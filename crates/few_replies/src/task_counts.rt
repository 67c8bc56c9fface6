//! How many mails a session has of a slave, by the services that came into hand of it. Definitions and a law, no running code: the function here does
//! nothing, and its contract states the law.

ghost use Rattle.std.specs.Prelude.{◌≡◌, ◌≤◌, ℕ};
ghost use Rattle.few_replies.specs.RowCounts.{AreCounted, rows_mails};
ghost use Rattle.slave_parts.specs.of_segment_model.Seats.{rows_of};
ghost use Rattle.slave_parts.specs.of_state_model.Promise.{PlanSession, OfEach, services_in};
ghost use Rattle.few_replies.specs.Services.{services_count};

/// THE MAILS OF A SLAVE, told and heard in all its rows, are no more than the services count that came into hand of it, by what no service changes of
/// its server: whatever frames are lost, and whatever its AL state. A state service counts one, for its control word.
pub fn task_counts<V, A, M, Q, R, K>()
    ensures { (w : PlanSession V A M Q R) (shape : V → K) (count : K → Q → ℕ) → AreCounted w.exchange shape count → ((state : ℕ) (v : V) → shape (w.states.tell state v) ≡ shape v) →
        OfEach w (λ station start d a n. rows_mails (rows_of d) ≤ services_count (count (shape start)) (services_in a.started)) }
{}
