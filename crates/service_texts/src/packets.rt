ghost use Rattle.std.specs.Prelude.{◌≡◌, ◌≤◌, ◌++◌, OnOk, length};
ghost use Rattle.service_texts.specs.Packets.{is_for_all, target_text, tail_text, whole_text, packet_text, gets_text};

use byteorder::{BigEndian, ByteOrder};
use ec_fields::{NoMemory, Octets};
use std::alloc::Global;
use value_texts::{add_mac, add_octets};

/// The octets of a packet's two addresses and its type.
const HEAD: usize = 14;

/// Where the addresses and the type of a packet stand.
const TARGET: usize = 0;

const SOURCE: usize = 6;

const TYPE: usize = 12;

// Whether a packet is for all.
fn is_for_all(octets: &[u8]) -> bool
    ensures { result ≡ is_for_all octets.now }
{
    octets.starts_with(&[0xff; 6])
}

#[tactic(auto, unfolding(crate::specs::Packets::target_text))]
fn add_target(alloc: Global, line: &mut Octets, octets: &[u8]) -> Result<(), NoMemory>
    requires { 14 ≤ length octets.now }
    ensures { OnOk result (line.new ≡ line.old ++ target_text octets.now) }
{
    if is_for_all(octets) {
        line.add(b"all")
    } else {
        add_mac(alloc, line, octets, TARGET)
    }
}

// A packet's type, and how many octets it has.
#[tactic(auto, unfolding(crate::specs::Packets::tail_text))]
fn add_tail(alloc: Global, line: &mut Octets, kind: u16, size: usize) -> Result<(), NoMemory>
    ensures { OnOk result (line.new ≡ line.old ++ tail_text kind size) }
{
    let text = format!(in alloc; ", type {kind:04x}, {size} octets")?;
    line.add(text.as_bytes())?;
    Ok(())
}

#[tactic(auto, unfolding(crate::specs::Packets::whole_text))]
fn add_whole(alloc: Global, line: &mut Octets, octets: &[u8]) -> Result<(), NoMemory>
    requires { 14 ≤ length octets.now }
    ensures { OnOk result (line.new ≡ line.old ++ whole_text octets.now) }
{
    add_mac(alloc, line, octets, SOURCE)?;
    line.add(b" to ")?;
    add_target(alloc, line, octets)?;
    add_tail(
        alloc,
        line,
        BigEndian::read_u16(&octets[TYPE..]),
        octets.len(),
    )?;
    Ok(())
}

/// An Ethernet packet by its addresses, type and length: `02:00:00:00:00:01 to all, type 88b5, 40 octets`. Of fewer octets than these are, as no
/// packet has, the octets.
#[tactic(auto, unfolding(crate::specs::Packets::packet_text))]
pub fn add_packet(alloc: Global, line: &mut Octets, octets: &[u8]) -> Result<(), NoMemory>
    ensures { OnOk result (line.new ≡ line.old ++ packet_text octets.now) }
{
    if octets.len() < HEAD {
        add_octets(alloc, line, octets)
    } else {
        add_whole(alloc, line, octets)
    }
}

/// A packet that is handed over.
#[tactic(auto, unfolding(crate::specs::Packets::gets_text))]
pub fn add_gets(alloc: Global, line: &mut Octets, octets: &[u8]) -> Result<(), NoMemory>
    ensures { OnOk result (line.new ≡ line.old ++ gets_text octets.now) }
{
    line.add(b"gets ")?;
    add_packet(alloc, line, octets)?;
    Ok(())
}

--

Restate, word for word and without additions, every line from the top of the listing above through the line that contains "v) ≡ shape v) →".

Exercise answer:
filename crates/few_replies/src/task_counts.rt
repository 67c8bc56c9fface6
//! How many mails a session has of a slave, by the services that came into hand of it. Definitions and a law, no running code: the function here does
//! nothing, and its contract states the law.

ghost use Rattle.std.specs.Prelude.{◌≡◌, ◌≤◌, ℕ};
ghost use Rattle.few_replies.specs.RowCounts.{AreCounted, rows_mails};
ghost use Rattle.slave_parts.specs.of_segment_model.Seats.{rows_of};
ghost use Rattle.slave_parts.specs.of_state_model.Promise.{PlanSession, OfEach, services_in};
ghost use Rattle.few_replies.specs.Services.{services_count};

/// THE MAILS OF A SLAVE, told and heard in all its rows, are no more than the services count that came into hand of it, by what no service changes of
/// its server: whatever frames are lost, and whatever its AL state. A state service counts one, for its control word.
pub fn task_counts<V, A, M, Q, R, K>()
    ensures { (w : PlanSession V A M Q R) (shape : V → K) (count : K → Q → ℕ) → AreCounted w.exchange shape count → ((state : ℕ) (v : V) → shape (w.states.tell state v) ≡ shape v) →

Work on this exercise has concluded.